• _Records shown_
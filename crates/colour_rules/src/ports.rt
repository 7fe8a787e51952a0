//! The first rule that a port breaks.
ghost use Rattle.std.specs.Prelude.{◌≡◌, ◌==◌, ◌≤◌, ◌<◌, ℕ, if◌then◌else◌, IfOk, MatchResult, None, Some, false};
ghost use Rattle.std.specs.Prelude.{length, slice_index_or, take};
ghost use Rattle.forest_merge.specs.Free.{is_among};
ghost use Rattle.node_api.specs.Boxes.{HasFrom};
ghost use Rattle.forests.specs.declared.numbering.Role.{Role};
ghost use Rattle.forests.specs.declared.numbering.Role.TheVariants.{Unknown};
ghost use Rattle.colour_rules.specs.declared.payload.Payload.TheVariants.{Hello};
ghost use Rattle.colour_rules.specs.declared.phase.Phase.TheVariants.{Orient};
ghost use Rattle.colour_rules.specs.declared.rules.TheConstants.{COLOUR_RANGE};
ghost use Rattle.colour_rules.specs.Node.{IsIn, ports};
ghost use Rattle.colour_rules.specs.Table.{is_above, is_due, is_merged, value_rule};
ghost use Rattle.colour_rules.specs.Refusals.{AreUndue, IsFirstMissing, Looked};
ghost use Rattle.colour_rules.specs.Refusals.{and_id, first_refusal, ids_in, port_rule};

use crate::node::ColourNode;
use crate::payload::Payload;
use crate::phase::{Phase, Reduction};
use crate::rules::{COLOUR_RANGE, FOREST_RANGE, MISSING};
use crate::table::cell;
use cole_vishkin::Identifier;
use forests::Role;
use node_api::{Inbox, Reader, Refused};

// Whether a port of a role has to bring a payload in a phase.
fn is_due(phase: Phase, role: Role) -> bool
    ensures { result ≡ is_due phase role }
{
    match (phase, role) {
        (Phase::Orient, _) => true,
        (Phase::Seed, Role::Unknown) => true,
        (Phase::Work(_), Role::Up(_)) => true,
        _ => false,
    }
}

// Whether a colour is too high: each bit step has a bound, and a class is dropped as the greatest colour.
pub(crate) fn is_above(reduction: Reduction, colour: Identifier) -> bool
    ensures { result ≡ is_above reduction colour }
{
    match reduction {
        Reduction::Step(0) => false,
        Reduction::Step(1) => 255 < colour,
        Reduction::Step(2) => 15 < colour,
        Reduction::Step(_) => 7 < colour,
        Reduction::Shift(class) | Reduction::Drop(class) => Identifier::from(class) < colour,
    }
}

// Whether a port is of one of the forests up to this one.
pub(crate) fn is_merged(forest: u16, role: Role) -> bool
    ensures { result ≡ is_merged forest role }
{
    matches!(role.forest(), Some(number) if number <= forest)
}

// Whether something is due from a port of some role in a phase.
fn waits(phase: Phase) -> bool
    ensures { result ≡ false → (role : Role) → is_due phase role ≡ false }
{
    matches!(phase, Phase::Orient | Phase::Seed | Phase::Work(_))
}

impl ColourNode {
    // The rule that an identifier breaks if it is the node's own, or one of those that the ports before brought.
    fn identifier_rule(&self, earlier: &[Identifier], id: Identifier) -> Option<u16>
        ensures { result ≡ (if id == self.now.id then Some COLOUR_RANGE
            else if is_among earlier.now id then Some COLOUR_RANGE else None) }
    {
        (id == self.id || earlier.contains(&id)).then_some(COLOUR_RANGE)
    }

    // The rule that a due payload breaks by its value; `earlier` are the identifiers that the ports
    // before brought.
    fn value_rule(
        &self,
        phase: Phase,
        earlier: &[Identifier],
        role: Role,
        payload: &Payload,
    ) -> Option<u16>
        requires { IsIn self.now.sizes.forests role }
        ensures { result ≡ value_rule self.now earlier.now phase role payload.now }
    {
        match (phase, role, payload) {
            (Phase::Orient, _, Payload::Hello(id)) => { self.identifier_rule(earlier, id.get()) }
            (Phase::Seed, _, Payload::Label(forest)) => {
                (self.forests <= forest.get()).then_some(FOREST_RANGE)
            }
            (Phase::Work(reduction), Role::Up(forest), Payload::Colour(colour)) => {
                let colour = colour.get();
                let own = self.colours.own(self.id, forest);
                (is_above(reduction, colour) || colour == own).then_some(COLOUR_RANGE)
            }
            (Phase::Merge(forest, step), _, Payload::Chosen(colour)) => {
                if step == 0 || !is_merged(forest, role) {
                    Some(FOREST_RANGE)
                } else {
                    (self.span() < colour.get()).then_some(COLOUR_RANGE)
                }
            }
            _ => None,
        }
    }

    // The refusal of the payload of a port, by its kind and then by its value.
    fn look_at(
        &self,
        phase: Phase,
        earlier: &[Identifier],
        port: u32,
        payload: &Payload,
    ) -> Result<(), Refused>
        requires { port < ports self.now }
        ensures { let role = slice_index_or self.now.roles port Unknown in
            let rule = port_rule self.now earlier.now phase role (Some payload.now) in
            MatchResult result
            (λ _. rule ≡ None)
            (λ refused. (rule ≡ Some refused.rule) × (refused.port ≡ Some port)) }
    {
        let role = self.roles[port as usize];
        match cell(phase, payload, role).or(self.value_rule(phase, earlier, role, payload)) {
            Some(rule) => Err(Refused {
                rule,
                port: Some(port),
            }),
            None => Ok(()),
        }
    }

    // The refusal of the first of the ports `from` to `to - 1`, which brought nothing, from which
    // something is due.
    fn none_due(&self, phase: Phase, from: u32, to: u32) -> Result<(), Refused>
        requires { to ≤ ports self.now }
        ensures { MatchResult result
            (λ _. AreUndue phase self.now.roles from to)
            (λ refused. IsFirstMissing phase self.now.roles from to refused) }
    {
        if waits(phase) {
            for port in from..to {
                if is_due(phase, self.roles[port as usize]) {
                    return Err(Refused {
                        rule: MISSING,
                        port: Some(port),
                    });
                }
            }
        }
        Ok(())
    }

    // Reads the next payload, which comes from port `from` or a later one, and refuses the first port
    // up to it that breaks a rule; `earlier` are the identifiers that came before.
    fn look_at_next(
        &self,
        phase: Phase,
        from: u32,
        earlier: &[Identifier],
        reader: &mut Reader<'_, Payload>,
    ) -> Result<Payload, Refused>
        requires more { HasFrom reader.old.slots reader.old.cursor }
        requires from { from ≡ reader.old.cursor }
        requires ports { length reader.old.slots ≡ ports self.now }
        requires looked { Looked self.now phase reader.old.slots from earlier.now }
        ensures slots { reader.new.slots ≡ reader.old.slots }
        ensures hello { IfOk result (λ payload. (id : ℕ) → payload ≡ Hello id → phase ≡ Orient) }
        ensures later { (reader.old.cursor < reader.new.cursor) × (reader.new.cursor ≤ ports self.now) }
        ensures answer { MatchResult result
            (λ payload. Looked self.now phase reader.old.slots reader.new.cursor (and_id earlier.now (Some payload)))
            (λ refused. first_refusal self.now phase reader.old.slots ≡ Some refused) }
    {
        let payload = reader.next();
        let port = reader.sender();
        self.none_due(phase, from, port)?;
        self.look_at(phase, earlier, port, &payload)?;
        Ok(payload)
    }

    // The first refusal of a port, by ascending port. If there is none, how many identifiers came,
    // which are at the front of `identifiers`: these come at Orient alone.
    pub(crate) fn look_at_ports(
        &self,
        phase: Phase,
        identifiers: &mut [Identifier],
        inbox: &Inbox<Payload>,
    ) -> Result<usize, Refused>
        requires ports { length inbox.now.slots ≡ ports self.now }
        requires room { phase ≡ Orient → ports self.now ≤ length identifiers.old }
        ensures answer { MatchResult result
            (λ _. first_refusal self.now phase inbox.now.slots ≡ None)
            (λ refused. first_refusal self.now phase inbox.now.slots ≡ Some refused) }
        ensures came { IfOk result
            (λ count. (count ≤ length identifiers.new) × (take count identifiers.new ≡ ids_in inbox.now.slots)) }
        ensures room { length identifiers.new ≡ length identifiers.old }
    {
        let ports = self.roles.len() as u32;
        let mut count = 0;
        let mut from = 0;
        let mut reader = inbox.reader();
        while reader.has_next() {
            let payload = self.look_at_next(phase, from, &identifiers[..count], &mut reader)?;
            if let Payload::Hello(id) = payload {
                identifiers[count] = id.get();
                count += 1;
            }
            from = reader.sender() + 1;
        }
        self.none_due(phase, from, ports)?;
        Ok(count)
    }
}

• _Task prompt_
Working from the material above, restate word for word the lines between the line with "Some(rule) => Err(Refused" and the line with "reader.new.slots ≡ reader.old.slots", both included, and only those.

• _Output_
            Some(rule) => Err(Refused {
                rule,
                port: Some(port),
            }),
            None => Ok(()),
        }
    }

    // The refusal of the first of the ports `from` to `to - 1`, which brought nothing, from which
    // something is due.
    fn none_due(&self, phase: Phase, from: u32, to: u32) -> Result<(), Refused>
        requires { to ≤ ports self.now }
        ensures { MatchResult result
            (λ _. AreUndue phase self.now.roles from to)
            (λ refused. IsFirstMissing phase self.now.roles from to refused) }
    {
        if waits(phase) {
            for port in from..to {
                if is_due(phase, self.roles[port as usize]) {
                    return Err(Refused {
                        rule: MISSING,
                        port: Some(port),
                    });
                }
            }
        }
        Ok(())
    }

    // Reads the next payload, which comes from port `from` or a later one, and refuses the first port
    // up to it that breaks a rule; `earlier` are the identifiers that came before.
    fn look_at_next(
        &self,
        phase: Phase,
        from: u32,
        earlier: &[Identifier],
        reader: &mut Reader<'_, Payload>,
    ) -> Result<Payload, Refused>
        requires more { HasFrom reader.old.slots reader.old.cursor }
        requires from { from ≡ reader.old.cursor }
        requires ports { length reader.old.slots ≡ ports self.now }
        requires looked { Looked self.now phase reader.old.slots from earlier.now }
        ensures slots { reader.new.slots ≡ reader.old.slots }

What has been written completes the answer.